Packaging has taken longer to sort than expected and it will be the end of Nov until resellers have stock. Apologies to all who are waiting. But trust me, it'll be worth it. The final products in multi-packaging look great.


----------



## visor (Sep 8, 2007)

hmmm...something to look forward too


----------



## Bigpikle (May 21, 2007)

Dodo Factory said:


> Nope.
> 
> Packaging has taken longer to sort than expected and it will be the end of Nov until resellers have stock. Apologies to all who are waiting. But trust me, it'll be worth it. The final products in multi-packaging look great.


are these available individually or only in multi-packs?


----------



## bidderman1969 (Oct 20, 2006)

multi packs would be better surely, as you can try each one to determine which would be best for your own individual needs?


----------



## Dodo Factory (Apr 11, 2007)

They will initially be available in either multipacks of 4 and 8 only.


----------



## Bigpikle (May 21, 2007)

cool - happy with that :thumb:


----------



## Scorpio (May 29, 2006)

Looking forward to trying these! :thumb:


----------



## clifford (Aug 19, 2007)

are these with the resellers yet?


----------



## rubbishboy (May 6, 2006)

No, we don't have them yet.


Dodo Juice - Black Wow - Original Edition - Juiced Edition


----------



## clifford (Aug 19, 2007)

rubbishboy said:


> No, we don't have them yet.
> 
> 
> Dodo Juice - Black Wow - Original Edition - Juiced Edition


any idea when mate?cant wait to get my hands on them b4 xmas:thumb: :wave:


----------



## rubbishboy (May 6, 2006)

clifford said:


> any idea when mate?cant wait to get my hands on them b4 xmas:thumb: :wave:


Anytime soon I believe, mid december was mentioned.


Dodo Juice - Black Wow - Original Edition - Juiced Edition


----------



## zoomzoom mazda5 (Nov 6, 2007)

Don't forget us mate's across the pond............:wave:


----------



## theDodo (Jan 14, 2007)

i am trying to get the packaging and labelling finished for release before xmas, i will keep you guys updated


----------



## visor (Sep 8, 2007)

excellent :thumb:


----------



## clifford (Aug 19, 2007)

any news?


----------



## clifford (Aug 19, 2007)

any news on these yet wife is looking 4 ideas and thinks im leaving it late to give her my xmas list


----------



## Dodo Factory (Apr 11, 2007)

Hi guys

I think pj and I are going to have to put our hands up and admit defeat on this one as due to some bad luck with label production, I just don't think we can get these out before xmas. Essentially, we had a computer glitch at the printing end, which meant random labels were printed incorrectly, and we had to keep resupplying artwork files and awaiting proofs. This has delayed the labels by about a month.

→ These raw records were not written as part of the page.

//! The ends that a pattern may demand, of each kind: worked rows, the oracle, and the bound on the normal forms.
use super::end_states_tests::{
    COUNTS, LIVELOCK, MEETING, SERVER, are_too_many, flag_of, form_after,
};
use super::ends_comparison::{LOOPS, SETS, count_wrong};
use super::ends_oracle::{LIMIT, coming, ending, negated, refusing, steps_of_forms};
use super::label_set::LabelSet;
use super::recurrence_tests::forms;
use super::term_list::{PrintedStep, TermList};
use super::texts::assert_holds;
use lotos_pattern::EndKind;
use std::alloc::{AllocError, Global};
use std::process::Abort;
use std::test::Fail;

/// All kinds, each with its word, and whether internal steps are observed.
const KINDS: &[(&str, EndKind, bool)] = &[
    ("refuses", EndKind::Refuses, false),
    ("livelock", EndKind::Livelock, false),
    ("forever", EndKind::Forever, false),
    ("never", EndKind::Never, false),
    ("never of observed internal steps", EndKind::Never, true),
];

/// What is tested, a specification, the labels on a way from the start, the kind of end, the names of a set and whether
/// they are left out of it, and whether the form after this way is such an end.
type Row = (
    &'static str,
    &'static str,
    &'static [&'static str],
    EndKind,
    &'static [&'static str],
    bool,
    bool,
);

/// Found by hand.
const ROWS: &[Row] = &[
    (
        "a label that can come at once is not refused",
        LIVELOCK,
        &[],
        EndKind::Refuses,
        &["A"],
        false,
        false,
    ),
    (
        "a label that comes later is refused",
        LIVELOCK,
        &[],
        EndKind::Refuses,
        &["B"],
        false,
        true,
    ),
    (
        "a form with an internal step refuses nothing",
        LIVELOCK,
        &["A", "B"],
        EndKind::Refuses,
        &["A"],
        false,
        false,
    ),
    (
        "an answer is refused after an internal step",
        SERVER,
        &["REQ", "i"],
        EndKind::Refuses,
        &["RSP"],
        false,
        true,
    ),
    (
        "an answer is not refused before it",
        SERVER,
        &["REQ"],
        EndKind::Refuses,
        &["RSP"],
        false,
        false,
    ),
    (
        "all but one label are refused",
        SERVER,
        &["REQ", "i"],
        EndKind::Refuses,
        &["NAK"],
        true,
        true,
    ),
    (
        "a deadlock refuses all labels",
        MEETING,
        &["A", "i", "B", "i", "C", "exit"],
        EndKind::Refuses,
        &[],
        true,
        true,
    ),
    (
        "a termination is not refused",
        MEETING,
        &["A", "i", "B", "i", "C"],
        EndKind::Refuses,
        &["exit"],
        false,
        false,
    ),
    (
        "a loop with a label is no livelock, with this label in the set",
        LIVELOCK,
        &["A"],
        EndKind::Livelock,
        &["A"],
        false,
        false,
    ),
    (
        "internal steps for ever",
        LIVELOCK,
        &["A", "B"],
        EndKind::Livelock,
        &["A"],
        false,
        true,
    ),
    (
        "a loop with a label goes on for ever within it",
        LIVELOCK,
        &["A"],
        EndKind::Forever,
        &["A"],
        false,
        true,
    ),
    (
        "and within all labels",
        LIVELOCK,
        &["A"],
        EndKind::Forever,
        &[],
        true,
        true,
    ),
    (
        "requests without an answer",
        SERVER,
        &["REQ"],
        EndKind::Forever,
        &["RSP"],
        true,
        true,
    ),
    (
        "answers without a request",
        SERVER,
        &["REQ"],
        EndKind::Forever,
        &["REQ"],
        true,
        false,
    ),
    (
        "a label of a loop that is over",
        LIVELOCK,
        &["A", "B"],
        EndKind::Never,
        &["A"],
        false,
        true,
    ),
    (
        "a label of a loop",
        LIVELOCK,
        &["A"],
        EndKind::Never,
        &["A"],
        false,
        false,
    ),
    (
        "no label but internal steps",
        LIVELOCK,
        &["A", "B"],
        EndKind::Never,
        &[],
        true,
        true,
    ),
    (
        "no label but those of a loop that is over, and internal steps",
        LIVELOCK,
        &["A", "B"],
        EndKind::Never,
        &["A"],
        true,
        true,
    ),
    (
        "a label besides internal steps",
        LIVELOCK,
        &["A"],
        EndKind::Never,
        &["A"],
        true,
        false,
    ),
    (
        "no label but the last ones",
        MEETING,
        &["A", "i", "B", "i"],
        EndKind::Never,
        &["C", "exit"],
        true,
        true,
    ),
];

/// Found by hand, with internal steps observed.
const STRONG_ROWS: &[Row] = &[
    (
        "the internal action is one of all labels",
        LIVELOCK,
        &["A", "B"],
        EndKind::Never,
        &[],
        true,
        false,
    ),
    (
        "the internal action is one of the labels other than A",
        LIVELOCK,
        &["A", "B"],
        EndKind::Never,
        &["A"],
        true,
        false,
    ),
    (
        "the internal action by name",
        LIVELOCK,
        &["A", "B"],
        EndKind::Never,
        &["i"],
        false,
        false,
    ),
    (
        "no label but internal steps and the last ones",
        MEETING,
        &["A", "i", "B"],
        EndKind::Never,
        &["C", "exit", "i"],
        true,
        true,
    ),
];

/// The set as patterns have it.
pub fn pattern_set(alloc: Global, set: LabelSet) -> Result<lotos_pattern::LabelSet, AllocError> {
    let mut labels = Vec::new(alloc);
    for name in set.names {
        labels.push(String::from_str(alloc, name)?)?;
    }
    if set.is_complement {
        return Ok(lotos_pattern::LabelSet::Others(labels));
    }
    Ok(lotos_pattern::LabelSet::These(labels))
}

/// Whether the form after the labels is such an end.
fn is_end_after(
    alloc: Global,
    text: &str,
    labels: &[&str],
    demand: (EndKind, bool),
    set: LabelSet,
) -> Result<bool, Fail> {
    let mut list = TermList::new_normal(alloc, text)?;
    is_end_in(alloc, &mut list, labels, demand, set)
}

fn is_end_in(
    alloc: Global,
    list: &mut TermList,
    labels: &[&str],
    demand: (EndKind, bool),
    set: LabelSet,
) -> Result<bool, Fail> {
    let index = form_after(alloc, list, labels)?;
    let form = list.term(index)?;
    let set = pattern_set(alloc, set)?;
    let found = list.find_ends(alloc, demand.0, &set, demand.1, LIMIT)?;
    Ok(flag_of(&found, form)?)
}

fn assert_rows(rt: &impl Abort, alloc: Global, rows: &[Row], strong: bool) -> Result<(), Fail> {
    for (subject, text, labels, kind, names, is_complement, expected) in rows {
        let set = LabelSet {
            names: *names,
            is_complement: *is_complement,
        };
        let found = is_end_after(alloc, text, labels, (*kind, strong), set)?;
        assert_end(rt, subject, found, *expected);
    }
    Ok(())
}

#[test]
fn ends_as_demanded(rt: HostRuntime) -> Result<(), Fail> {
    assert_rows(&rt, rt.alloc(), ROWS, false)
}

#[test]
fn ends_as_demanded_with_internal_steps(rt: HostRuntime) -> Result<(), Fail> {
    assert_rows(&rt, rt.alloc(), STRONG_ROWS, true)
}

fn assert_end(rt: &impl Abort, words: &str, found: bool, expected: bool) {
    assert_eq!(rt; found, expected, "{}", words);
}

/// The labels of no set.
pub const NO_LABELS: LabelSet = LabelSet {
    names: &[],
    is_complement: false,
};

/// For each form, whether it is such an end, by the oracle.
fn ends_by_oracle(
    alloc: Global,
    forms: &[Vec<PrintedStep>],
    demand: (EndKind, bool),
    set: LabelSet,
) -> Result<Vec<bool>, AllocError> {
    match demand.0 {
        EndKind::Refuses => refusing(alloc, forms, set),
        EndKind::Livelock => endless(alloc, forms, NO_LABELS),
        EndKind::Forever => endless(alloc, forms, set),
        EndKind::Never => past(alloc, forms, set, demand.1),
    }
}

fn endless(
    alloc: Global,
    forms: &[Vec<PrintedStep>],
    set: LabelSet,
) -> Result<Vec<bool>, AllocError> {
    let found = ending(alloc, forms, set)?;
    negated(alloc, found.as_slice())
}

fn past(
    alloc: Global,
    forms: &[Vec<PrintedStep>],
    set: LabelSet,
    strong: bool,
) -> Result<Vec<bool>, AllocError> {
    let found = coming(alloc, forms, set, strong)?;
    negated(alloc, found.as_slice())
}

/// The number of forms of which it is found, other than by the oracle, whether they are such ends.
fn count_wrong_ends(
    alloc: Global,
    list: &mut TermList,
    forms: &[Vec<PrintedStep>],
    demand: (EndKind, bool),
    set: LabelSet,
) -> Result<usize, Fail> {
    let demanded = pattern_set(alloc, set)?;
    let found = list.find_ends(alloc, demand.0, &demanded, demand.1, LIMIT)?;
    let expected = ends_by_oracle(alloc, forms, demand, set)?;
    Ok(count_wrong(list, &found, expected.as_slice())?)
}

fn assert_ends_of_kind(
    rt: &impl Abort,
    alloc: Global,
    subject: &str,
    list: &mut TermList,
    forms: &[Vec<PrintedStep>],
    kind: (&str, EndKind, bool),
) -> Result<(), Fail> {
    for (number, set) in SETS.iter().enumerate() {
        let wrong = count_wrong_ends(alloc, list, forms, (kind.1, kind.2), *set)?;
        assert_none(rt, subject, kind.0, number, wrong);
    }
    Ok(())
}

fn assert_none(rt: &impl Abort, subject: &str, word: &str, number: usize, wrong: usize) {
    assert_eq!(rt; wrong, 0, "{}: {} with set {}", subject, word, number);
}

/// Asserts for each kind and each set that all forms of a specification have the flags that the oracle finds.
fn compare(rt: &impl Abort, alloc: Global, subject: &str, text: &str) -> Result<(), Fail> {
    let mut list = TermList::new_normal(alloc, text)?;
    compare_in(rt, alloc, subject, &mut list)
}

fn compare_in(
    rt: &impl Abort,
    alloc: Global,
    subject: &str,
    list: &mut TermList,
) -> Result<(), Fail> {
    let forms = steps_of_forms(alloc, list)?;
    assert_holds(rt, subject, list.count() <= forms.len());
    for kind in KINDS {
        assert_ends_of_kind(rt, alloc, subject, list, forms.as_slice(), *kind)?;
    }
    Ok(())
}

#[test]
fn ends_of_each_kind_by_the_definition(rt: HostRuntime) -> Result<(), Fail> {
    for (subject, text) in LOOPS {
        compare(&rt, rt.alloc(), subject, text)?;
    }
    for (subject, text, _) in forms() {
        compare(&rt, rt.alloc(), subject, text)?;
    }
    Ok(())
}

/// Whether more forms are reached than the bound, as ends of a kind are looked for.
fn exceeds_bound(
    alloc: Global,
    text: &str,
    kind: EndKind,
    strong: bool,
    bound: usize,
) -> Result<bool, Fail> {
    let mut list = TermList::new_normal(alloc, text)?;
    let set = pattern_set(alloc, NO_LABELS)?;
    Ok(are_too_many(list.find_ends(alloc, kind, &set, strong, bound))?)
}

#[test]
fn at_most_as_many_forms_as_the_bound_for_each_kind(rt: HostRuntime) -> Result<(), Fail> {
    for (subject, text, count) in COUNTS {
        for (_, kind, strong) in KINDS {
            let is_over = exceeds_bound(rt.alloc(), text, *kind, *strong, *count)?;
            assert_holds(&rt, subject, !is_over);
            let is_over = exceeds_bound(rt.alloc(), text, *kind, *strong, count.saturating_sub(1))?;
            assert_holds(&rt, subject, is_over);
        }
    }
    Ok(())
}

We have been able to launch 500ml Lime Prime, Rubbishboy's Juiced Edition and - in the next day or so, just before xmas - we will launch the Detailing World Doublewax, but the logistics of launching the three sampling packs, with their 20 or so labels, applying them, packing them and shipping them out will just be a bridge too far. We apologise for any disappointment, thank you for your patience, and hope that they will be worth the wait when the arrive in January.

All the best
DF


----------



## steve8582 (Jun 28, 2007)

Thanks for the update, look forward to trying these in the new year.


----------



## Warduke (Sep 21, 2007)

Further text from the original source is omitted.